Changing rent laws could spark new financial crisis

By Jonathan Lewis, Founder, JLJ Capital

There’s been tons of press over the last few weeks and months about the housing crisis in New York City and the shortage of affordable apartments.

There have been lots of stories about landlord abuses, lax enforcement of existing regulations and the need for a solution.

JONATHAN LEWIS

Politicians believe there’s a simple solution — change the laws governing rentals throughout the state.

Yet despite all the coverage that this issue has gotten no one appears to be talking about the economic impact of this change. The situation is in many ways a miniature of what we saw when the housing bubble burst in 2007-08.

Real estate has long been considered a relatively safe investment. As Mark Twain reportedly said, “Buy land, they’re not making any more of it.”

And while that clever adage is true, it’s only a good deal if the land is worth what you paid for it and has the potential to appreciate.

Under the new laws, there are some property owners who will find their carefully constructed business plans no longer realistic.

There are a lot of real estate investors, including people with only one or two properties, who took out bank loans when rates were low in 2016 and 2017 with the expectation that they would be able to raise rents according to a certain formula and continuing converting rent-stabilized apartments to ones drawing free market rents after vacancies and capital improvements.

Changing the rules in a way that drastically alters those projections negatively, means borrowers are not going to draw enough income out of their properties while also providing the necessary services to tenants to meet the obligations of their loans.

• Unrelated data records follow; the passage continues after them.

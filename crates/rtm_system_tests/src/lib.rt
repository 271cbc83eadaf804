//! Tests of the system over decks that were read: single steps beside turns. Nothing stands on it.
#![tactic(auto)]

#[cfg(test)]
mod step_tests;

If the borrower can’t meet their obligations, then they will have to divest themselves of the property or renegotiate with the lender. And of course, there’s always the possibility default, in which case the bank will have to report it as a bad loan or sell it off to someone who specializes in distressed debt.

None of those scenarios is good for either the borrower or the lender.

Yes, there is an affordable housing crisis in New York, but taking the wrong steps to solve it could end up precipitating a financial crisis on top of it. And unfortunately, this is another example of what can happen when we don’t learn from the mistakes of the past.

The legislators who drafted these bills were appealing to their rent-paying constituents, but they were not thinking of the next issue.

This is more than a little problem. It is an issue that’s going to affect certainly the New York market, but could also have a larger rippling effect, depending on the level of defaults and how banks deal with them.

This is likely to produce many of the same results we saw in the real estate bubble of the early 2000s. Lenders are going to start pulling back and there will be a considerable number of properties under stress.

The big picture implications of changing the rentals laws is a matter that should be of serious concern to both real estate buyers and lenders, not to mention legislators, regulators and anyone concerned about the overall economy.